→ What the exercise asks: Once the line containing "set_slot(store, map, blueprint, slot)?;" is found in the records below, return it and each following line exactly, up to and including the line containing "IfSome holder (λ", and nothing else.

Segment Open

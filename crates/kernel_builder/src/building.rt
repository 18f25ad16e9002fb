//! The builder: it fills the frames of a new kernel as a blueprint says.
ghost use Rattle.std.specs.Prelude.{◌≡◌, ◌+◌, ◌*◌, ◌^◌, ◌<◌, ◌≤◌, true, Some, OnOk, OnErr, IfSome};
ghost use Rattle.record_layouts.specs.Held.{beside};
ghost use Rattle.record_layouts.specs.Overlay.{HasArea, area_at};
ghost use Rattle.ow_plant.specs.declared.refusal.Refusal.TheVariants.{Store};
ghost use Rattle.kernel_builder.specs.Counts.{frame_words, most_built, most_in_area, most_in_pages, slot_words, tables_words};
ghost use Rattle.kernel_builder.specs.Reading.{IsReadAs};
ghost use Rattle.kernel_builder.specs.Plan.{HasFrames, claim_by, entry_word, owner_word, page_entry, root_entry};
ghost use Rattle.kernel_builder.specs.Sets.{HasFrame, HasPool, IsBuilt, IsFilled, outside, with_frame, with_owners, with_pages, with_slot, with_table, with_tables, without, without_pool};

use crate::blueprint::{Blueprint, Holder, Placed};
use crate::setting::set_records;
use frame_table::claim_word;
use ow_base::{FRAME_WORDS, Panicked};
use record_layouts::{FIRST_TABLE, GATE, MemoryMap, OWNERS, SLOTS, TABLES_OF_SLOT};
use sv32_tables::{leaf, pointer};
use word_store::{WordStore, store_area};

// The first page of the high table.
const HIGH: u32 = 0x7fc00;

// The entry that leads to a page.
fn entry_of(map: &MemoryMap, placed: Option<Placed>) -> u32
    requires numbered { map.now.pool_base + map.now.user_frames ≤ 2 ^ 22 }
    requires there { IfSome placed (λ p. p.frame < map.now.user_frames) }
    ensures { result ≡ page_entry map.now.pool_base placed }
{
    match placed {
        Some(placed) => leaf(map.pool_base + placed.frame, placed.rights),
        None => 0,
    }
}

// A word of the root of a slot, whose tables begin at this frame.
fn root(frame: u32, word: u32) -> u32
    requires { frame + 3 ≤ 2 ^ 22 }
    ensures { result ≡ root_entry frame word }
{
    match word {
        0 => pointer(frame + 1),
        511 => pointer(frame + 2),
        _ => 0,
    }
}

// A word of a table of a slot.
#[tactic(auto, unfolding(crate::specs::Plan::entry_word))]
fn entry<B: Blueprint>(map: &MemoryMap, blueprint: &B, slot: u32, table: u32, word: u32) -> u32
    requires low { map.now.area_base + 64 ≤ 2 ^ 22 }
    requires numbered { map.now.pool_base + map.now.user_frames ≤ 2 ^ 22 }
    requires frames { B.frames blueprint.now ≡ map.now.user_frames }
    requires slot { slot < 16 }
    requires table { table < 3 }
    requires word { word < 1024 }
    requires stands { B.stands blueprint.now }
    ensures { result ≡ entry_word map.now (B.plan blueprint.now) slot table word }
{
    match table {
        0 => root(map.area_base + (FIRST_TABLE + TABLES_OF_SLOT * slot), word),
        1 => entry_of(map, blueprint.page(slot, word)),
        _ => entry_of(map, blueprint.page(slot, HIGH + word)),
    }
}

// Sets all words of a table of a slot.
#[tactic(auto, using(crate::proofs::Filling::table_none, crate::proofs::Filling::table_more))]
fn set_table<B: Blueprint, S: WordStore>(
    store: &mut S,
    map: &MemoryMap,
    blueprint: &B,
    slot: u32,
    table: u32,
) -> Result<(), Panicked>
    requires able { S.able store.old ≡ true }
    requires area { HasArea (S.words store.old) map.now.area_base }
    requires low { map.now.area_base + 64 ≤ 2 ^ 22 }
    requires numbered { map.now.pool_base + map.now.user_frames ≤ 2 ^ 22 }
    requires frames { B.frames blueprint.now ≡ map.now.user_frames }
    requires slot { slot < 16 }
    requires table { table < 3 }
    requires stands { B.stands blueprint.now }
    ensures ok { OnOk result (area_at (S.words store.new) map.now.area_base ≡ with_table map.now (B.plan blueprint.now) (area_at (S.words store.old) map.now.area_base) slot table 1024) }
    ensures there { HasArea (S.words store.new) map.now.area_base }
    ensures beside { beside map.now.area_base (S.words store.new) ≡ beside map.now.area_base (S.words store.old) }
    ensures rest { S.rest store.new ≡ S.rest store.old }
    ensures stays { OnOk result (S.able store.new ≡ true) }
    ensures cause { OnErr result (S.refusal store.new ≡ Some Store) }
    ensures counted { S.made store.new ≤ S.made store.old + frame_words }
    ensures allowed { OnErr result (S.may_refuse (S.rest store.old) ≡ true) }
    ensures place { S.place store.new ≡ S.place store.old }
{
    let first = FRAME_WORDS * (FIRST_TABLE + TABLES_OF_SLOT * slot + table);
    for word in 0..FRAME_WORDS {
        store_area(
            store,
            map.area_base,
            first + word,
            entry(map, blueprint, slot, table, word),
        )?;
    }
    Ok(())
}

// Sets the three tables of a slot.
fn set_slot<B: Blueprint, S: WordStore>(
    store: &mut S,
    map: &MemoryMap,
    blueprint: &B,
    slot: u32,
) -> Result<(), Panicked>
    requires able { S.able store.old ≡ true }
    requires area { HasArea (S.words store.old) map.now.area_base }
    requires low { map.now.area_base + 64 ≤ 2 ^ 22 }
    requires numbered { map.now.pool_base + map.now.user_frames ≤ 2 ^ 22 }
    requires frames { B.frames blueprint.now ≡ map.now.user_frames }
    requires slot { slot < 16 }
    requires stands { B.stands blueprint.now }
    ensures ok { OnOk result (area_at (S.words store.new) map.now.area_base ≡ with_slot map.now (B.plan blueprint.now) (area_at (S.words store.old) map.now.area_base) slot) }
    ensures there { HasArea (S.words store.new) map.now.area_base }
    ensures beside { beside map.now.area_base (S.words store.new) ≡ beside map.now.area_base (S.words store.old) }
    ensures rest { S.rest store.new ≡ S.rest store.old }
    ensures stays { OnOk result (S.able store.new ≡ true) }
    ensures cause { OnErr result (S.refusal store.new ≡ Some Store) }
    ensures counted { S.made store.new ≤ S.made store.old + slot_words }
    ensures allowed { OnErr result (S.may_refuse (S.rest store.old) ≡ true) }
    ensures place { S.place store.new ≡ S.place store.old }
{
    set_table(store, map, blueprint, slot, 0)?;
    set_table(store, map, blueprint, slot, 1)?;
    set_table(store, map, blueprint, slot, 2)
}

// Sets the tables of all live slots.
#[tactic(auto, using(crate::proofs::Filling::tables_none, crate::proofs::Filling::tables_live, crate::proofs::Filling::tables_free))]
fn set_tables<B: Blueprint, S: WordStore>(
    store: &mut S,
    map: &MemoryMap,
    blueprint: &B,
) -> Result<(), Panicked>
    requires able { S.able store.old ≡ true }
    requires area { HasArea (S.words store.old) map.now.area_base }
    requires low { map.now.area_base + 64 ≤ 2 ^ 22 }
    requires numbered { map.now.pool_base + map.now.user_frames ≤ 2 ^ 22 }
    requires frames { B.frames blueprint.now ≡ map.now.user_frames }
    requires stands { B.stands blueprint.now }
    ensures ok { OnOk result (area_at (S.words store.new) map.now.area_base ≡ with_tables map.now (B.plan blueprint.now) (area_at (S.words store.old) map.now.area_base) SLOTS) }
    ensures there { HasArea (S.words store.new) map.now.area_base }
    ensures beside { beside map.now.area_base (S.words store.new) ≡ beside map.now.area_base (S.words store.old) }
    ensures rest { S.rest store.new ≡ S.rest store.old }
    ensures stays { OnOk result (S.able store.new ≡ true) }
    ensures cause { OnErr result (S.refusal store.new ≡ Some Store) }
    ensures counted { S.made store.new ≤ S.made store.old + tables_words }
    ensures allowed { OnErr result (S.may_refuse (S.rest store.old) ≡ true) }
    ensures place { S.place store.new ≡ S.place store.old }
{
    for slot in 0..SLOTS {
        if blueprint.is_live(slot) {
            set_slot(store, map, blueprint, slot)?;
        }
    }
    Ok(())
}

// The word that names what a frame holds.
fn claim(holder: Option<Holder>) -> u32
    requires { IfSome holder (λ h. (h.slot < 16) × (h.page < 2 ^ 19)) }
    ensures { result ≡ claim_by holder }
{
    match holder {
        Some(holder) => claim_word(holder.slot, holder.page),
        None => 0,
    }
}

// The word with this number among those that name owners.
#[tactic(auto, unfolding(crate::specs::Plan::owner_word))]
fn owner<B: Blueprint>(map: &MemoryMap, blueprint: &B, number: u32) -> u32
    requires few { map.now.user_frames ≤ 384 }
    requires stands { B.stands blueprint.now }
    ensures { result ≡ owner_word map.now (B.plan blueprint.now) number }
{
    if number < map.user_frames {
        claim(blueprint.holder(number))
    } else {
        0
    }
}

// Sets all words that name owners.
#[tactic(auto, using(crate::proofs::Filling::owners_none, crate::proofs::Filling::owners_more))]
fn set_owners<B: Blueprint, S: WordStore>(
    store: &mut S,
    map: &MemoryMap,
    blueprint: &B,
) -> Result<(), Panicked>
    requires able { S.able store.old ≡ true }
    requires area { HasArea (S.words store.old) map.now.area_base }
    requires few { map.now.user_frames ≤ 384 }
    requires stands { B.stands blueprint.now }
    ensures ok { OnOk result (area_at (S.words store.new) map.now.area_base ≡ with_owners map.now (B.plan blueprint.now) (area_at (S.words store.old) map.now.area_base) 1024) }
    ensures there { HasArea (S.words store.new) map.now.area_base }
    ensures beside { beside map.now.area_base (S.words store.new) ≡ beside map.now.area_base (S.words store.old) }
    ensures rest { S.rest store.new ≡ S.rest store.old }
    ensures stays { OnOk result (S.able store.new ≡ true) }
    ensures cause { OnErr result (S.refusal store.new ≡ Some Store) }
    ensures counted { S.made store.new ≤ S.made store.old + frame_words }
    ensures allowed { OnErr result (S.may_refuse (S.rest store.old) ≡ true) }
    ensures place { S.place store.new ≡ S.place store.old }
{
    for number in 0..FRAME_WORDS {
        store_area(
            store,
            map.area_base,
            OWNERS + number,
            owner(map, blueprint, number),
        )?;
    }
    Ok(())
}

Segment Closed

→ Output below:
            set_slot(store, map, blueprint, slot)?;
        }
    }
    Ok(())
}

// The word that names what a frame holds.
fn claim(holder: Option<Holder>) -> u32
    requires { IfSome holder (λ h. (h.slot < 16) × (h.page < 2 ^ 19)) }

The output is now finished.